Avukatın (müdafiinin) ifade almada yetkisi-4

...

İfade alma konusunda “avukat beyanının ifade tutanağına yazılmayacağına” dair 13.06.2022 tarihli 31311769.1014320 (63210) sayılı 81 İl Emniyet Müdürlüğü’ne gönderilen yazının hukuka aykırı olduğunda ve en temel hakları ihlal ettiğinde şüphe yoktur. Nitekim 1982 Anayasası, 5271 sayılı CMK, 1536 sayılı Avukatlık Kanunu, Yakalama, Gözaltına Alma Ve İfade Alma Yönetmeliği ilgili hükümleri, yine AİHM’nin Türkiye aleyhine verdiği tazminat kararları dikkate alındığında hukuken bir geçerliliğinin olmadığı aşikardır. Hatta tam aksine kamu hizmeti gören avukatların bu suretle görev yapmaları engellendiği için kolluğun işlediği bir suç olmaktadır.

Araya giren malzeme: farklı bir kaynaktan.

//! The classes that copy packets: Tee and PullTee.

ghost use Rattle.std.specs.Prelude.{◌≡◌};
ghost use Rattle.click_classes.specs.Made.{copies, tee, pull_tee};

use crate::arguments::Arguments;
use crate::fault::ArgFault;
use crate::state::State;
use crate::values::number::number_in;

/// Returns the required number of outputs, if the argument gives it.
#[tactic(auto, unfolding(crate::specs::Made::copies))]
fn copies(arguments: &Arguments) -> Result<Option<u16>, ArgFault>
    ensures { result ≡ copies arguments.now }
{
    if !arguments.are(0, 1) {
        return Err(ArgFault::ArgumentCount);
    }
    let Some(bytes) = arguments.get(0) else {
        return Ok(None);
    };
    let outputs = number_in(bytes, 1, 256)?;
    Ok(Some(outputs as u16))
}

/// `Tee([N])` copies packets to all its outputs.
///
/// - Arguments: N, the number of outputs, from 1 to 256; by default any of these numbers.
/// - Ports: one push input; N push outputs, or 1 to 256 without N.
/// - A copy of the packet goes to each output, in order.
/// - Handlers: none.
///
/// ```click
/// FromDevice(a) -> t :: Tee(2); t -> Discard; t [1] -> Discard;
/// ```
///
/// ```calls
/// FromDevice(a) -> t :: Tee(4) -> q :: Queue -> ToDevice(x); t [1] -> Paint(1) -> q;
/// t [2] -> Paint(2) -> q; t [3] -> Paint(3) -> q;
/// > arrive a 61
/// entered 1
/// > transmit x
/// sent 61 0 0.0.0.0
/// > transmit x
/// sent 61 1 0.0.0.0
/// > transmit x
/// sent 61 2 0.0.0.0
/// > transmit x
/// sent 61 3 0.0.0.0
/// > transmit x
/// sent none
/// ```
#[tactic(auto, unfolding(crate::specs::Made::tee))]
pub fn make_tee(arguments: &Arguments) -> Result<State, ArgFault>
    ensures { result ≡ tee arguments.now }
{
    let outputs = copies(arguments)?;
    Ok(State::Tee { outputs })
}

/// `PullTee([N])` passes the packets that are pulled through it, and pushes copies of them.
///
/// - Arguments: N, the number of outputs, from 1 to 256; by default any of these numbers.
/// - Ports: one pull input; N outputs, or 1 to 256 without N. Output 0 is pull, the others are
///   push.
/// - Copies of a pulled packet are pushed to outputs 1, 2 and so on. Then output 0 returns the
///   packet.
/// - Handlers: none.
///
/// ```click
/// FromDevice(a) -> Queue -> t :: PullTee -> ToDevice(b); t [1] -> Discard;
/// ```
///
/// ```calls
/// FromDevice(a) -> Queue -> t :: PullTee -> ToDevice(x);
/// t [1] -> Paint(1) -> q :: Queue -> ToDevice(y); t [2] -> Paint(2) -> q;
/// > arrive a 61
/// entered 1
/// > transmit y
/// sent none
/// > transmit x
/// sent 61 0 0.0.0.0
/// > transmit y
/// sent 61 1 0.0.0.0
/// > transmit y
/// sent 61 2 0.0.0.0
/// > transmit y
/// sent none
/// ```
#[tactic(auto, unfolding(crate::specs::Made::pull_tee))]
pub fn make_pull_tee(arguments: &Arguments) -> Result<State, ArgFault>
    ensures { result ≡ pull_tee arguments.now }
{
    let outputs = copies(arguments)?;
    Ok(State::PullTee { outputs })
}
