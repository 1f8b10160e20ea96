//! The classes without arguments.

ghost use Rattle.std.specs.Prelude.{◌≡◌, length};
ghost use Rattle.click_classes.specs.Made.{without_arguments};
ghost use Rattle.click_classes.specs.Acts.{up_by};

use crate::arguments::Arguments;
use crate::fault::ArgFault;
use crate::state::State;
use click_packet::Packet;

/// Returns the state, or `ArgumentCount` if there is an argument.
#[tactic(auto, unfolding(crate::specs::Made::without_arguments))]
pub fn without_arguments(state: State, arguments: &Arguments) -> Result<State, ArgFault>
    ensures { result ≡ without_arguments state arguments.now }
{
    if arguments.are(0, 0) {
        Ok(state)
    } else {
        Err(ArgFault::ArgumentCount)
    }
}

/// `Unqueue` pulls packets from a queue and pushes them on.
///
/// - Arguments: none.
/// - Ports: one pull input, one push output.
/// - In each round its task pulls one packet and pushes it.
/// - Handlers: none.
///
/// ```click
/// FromDevice(a) -> Queue -> Unqueue -> Discard;
/// ```
///
/// ```calls
/// FromDevice(a) -> Queue -> Unqueue -> c :: Counter -> Discard;
/// > round
/// worked 0
/// > poll a 01,02
/// entered 2
/// > read c.count
/// value 30
/// > round
/// worked 1
/// > read c.count
/// value 31
/// > round
/// worked 1
/// > round
/// worked 0
/// ```
pub fn make_unqueue(arguments: &Arguments) -> Result<State, ArgFault>
    ensures { result ≡ without_arguments State.Unqueue arguments.now }
{
    without_arguments(State::Unqueue, arguments)
}

/// `Counter` counts packets and their bytes.
///
/// - Arguments: none.
/// - Ports: one agnostic input, one agnostic output.
/// - Each packet adds one to the count and its length to the byte count, neither past 2^64 - 1. The
///   packet passes.
/// - Read handlers: `count`, the number of packets that passed; `byte_count`, the number of their
///   bytes.
/// - Write handlers: `reset_counts` sets both to 0.
///
/// ```click
/// FromDevice(a) -> c :: Counter -> Discard;
/// ```
///
/// ```calls
/// FromDevice(a) -> c :: Counter -> Discard;
/// > arrive a 63646566
/// entered 1
/// > read c.count
/// value 31
/// > read c.byte_count
/// value 34
/// > arrive a -
/// entered 1
/// > read c.count
/// value 32
/// > read c.byte_count
/// value 34
/// ```
pub fn make_counter(arguments: &Arguments) -> Result<State, ArgFault>
    ensures { result ≡ without_arguments (State.Counter 0 0) arguments.now }
{
    without_arguments(
        State::Counter {
            count: 0,
            byte_count: 0,
        },
        arguments,
    )
}

/// `Idle` neither passes nor emits packets.
///
/// - Arguments: none.
/// - Ports: 0 to 256 agnostic inputs, 0 to 256 agnostic outputs.
/// - It drops packets that are pushed to it, returns no packet to a pull, and never pulls.
/// - Handlers: none.
///
/// ```click
/// Idle -> Discard;
/// ```
///
/// ```calls
/// FromDevice(a) -> Idle -> c :: Counter -> Discard; Idle -> ToDevice(x);
/// > arrive a 61
/// entered 1
/// > read c.count
/// value 30
/// > transmit x
/// sent none
/// ```
pub fn make_idle(arguments: &Arguments) -> Result<State, ArgFault>
    ensures { result ≡ without_arguments State.Idle arguments.now }
{
    without_arguments(State::Idle, arguments)
}

/// `Discard` drops packets.
///
/// - Arguments: none.
/// - Ports: one agnostic input, no output.
/// - It drops packets that are pushed to it. If its input is pull, its task pulls one packet in
///   each round and drops it.
/// - Handlers: none.
///
/// ```click
/// FromDevice(a) -> Discard;
/// ```
///
/// ```calls
/// FromDevice(a) -> Discard; FromDevice(b) -> q :: Queue -> Discard;
/// > arrive a 61
/// entered 1
/// > round
/// worked 0
/// > poll b 62,63
/// entered 2
/// > round
/// worked 1
/// > read q.length
/// value 31
/// > round
/// worked 1
/// > round
/// worked 0
/// ```
pub fn make_discard(arguments: &Arguments) -> Result<State, ArgFault>
    ensures { result ≡ without_arguments State.Discard arguments.now }
{
    without_arguments(State::Discard, arguments)
}

/// `Null` passes packets.
///
/// - Arguments: none.
/// - Ports: one agnostic input, one agnostic output.
/// - Packets pass unchanged.
/// - Handlers: none.
///
/// ```click
/// FromDevice(a) -> Null -> Discard;
/// ```
///
/// ```calls
/// FromDevice(a) -> Null -> Queue -> Null -> ToDevice(x);
/// > arrive a 61
/// entered 1
/// > transmit x
/// sent 61 0 0.0.0.0
/// > transmit x
/// sent none
/// ```
pub fn make_null(arguments: &Arguments) -> Result<State, ArgFault>
    ensures { result ≡ without_arguments State.Null arguments.now }
{
    without_arguments(State::Null, arguments)
}

/// `PushNull` passes packets that are pushed.
///
/// - Arguments: none.
/// - Ports: one push input, one push output.
/// - Packets pass unchanged.
/// - Handlers: none.
///
/// ```click
/// FromDevice(a) -> PushNull -> Discard;
/// ```
///
/// ```calls
/// FromDevice(a) -> PushNull -> Queue -> ToDevice(x);
/// > arrive a 61
/// entered 1
/// > transmit x
/// sent 61 0 0.0.0.0
/// ```
pub fn make_push_null(arguments: &Arguments) -> Result<State, ArgFault>
    ensures { result ≡ without_arguments State.PushNull arguments.now }
{
    without_arguments(State::PushNull, arguments)
}

/// `PullNull` passes packets that are pulled.
///
/// - Arguments: none.
/// - Ports: one pull input, one pull output.
/// - Packets pass unchanged.
/// - Handlers: none.
///
/// ```click
/// FromDevice(a) -> Queue -> PullNull -> ToDevice(b);
/// ```
///
/// ```calls
/// FromDevice(a) -> Queue -> PullNull -> ToDevice(x);
/// > arrive a 61
/// entered 1
/// > transmit x
/// sent 61 0 0.0.0.0
/// > transmit x
/// sent none
/// ```
pub fn make_pull_null(arguments: &Arguments) -> Result<State, ArgFault>
    ensures { result ≡ without_arguments State.PullNull arguments.now }
{
    without_arguments(State::PullNull, arguments)
}

/// Adds a packet and its bytes to the counts of a Counter.
pub fn count_packet(count: &mut u64, byte_count: &mut u64, packet: &Packet)
    ensures count { count.new ≡ up_by count.old 1 }
    ensures byte_count { byte_count.new ≡ up_by byte_count.old (length packet.now.bytes) }
{
    *count = count.saturating_add(1);
    *byte_count = byte_count.saturating_add(packet.bytes().len() as u64);
}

Lakin ülkemizin şahsına münhasır hali ve ülkede eline en ufak yetki alanın dahi kendisini keramet sahibi gördüğü düşünüldüğünde hukuk devleti olma yolunda mesafe katetmesi gereken çok uzun bir yol olduğunu görmek için müneccim olmaya gerek yoktur. Milyonlarca davanın ve ihtilafın olduğu bir ülkede adaletin ne seviyede olduğunu izaha ise hiç gerek kalmamaktadır. Böyle durumları görünce insan ülkesi adına üzülüyor. Dünyada gelişmiş denilen ülkeler yapay zekayla, Mars’ta, Ay’da koloni kurmayla, robot ordularla, lazer silahlarla, uzayda hayatla, DNA çalışmalarıyla, fiziki ihtiyaçları ortadan kaldıracak projelerle, insanlarına nasıl müreffeh bir hayat sunabilmeyle vs. ile vakit harcarken, bizim ülkemizde avukatın beyanı tutanakta olsun mu olmasın mı meselesiyle kafalar meşgul edilip, hukuk ortadan kaldırılıp, insanlar nasıl tuzağa düşürülürde pay alınırla zaman öldürülüyor. Avukatın beyanının olmamasından kolluğun ne kazanacağını bilemiyorum. Kollukla avukatı karşı karşıya getiren zihniyetin ne kazanacağını bilmiyorum. Ama avukatın beyanının ifade tutanağında olmasından şüpheli,sanık ve adalet çok şey kazanmıştır. Herşeyden önce hukuka güvenle ilgili bir adımdır. Vatandaşın kendisini güvende hissederek adalete yardımcı olmasında bir adımdır. Avukat, vatandaşla adalet mekanizması arasındaki en önemli köprüdür ve elçidir. Hiçbir şey olmasa dahi hayatın “h”sinden haberi olmayan yetki sahiplerinin olduğu bir ülkede maddi gerçeğin ortaya çıkmasında bir adımdır ve ifadede de delillerin tespiti ve toplanmasında avukatın beyanına mutlaka ihtiyaç vardır.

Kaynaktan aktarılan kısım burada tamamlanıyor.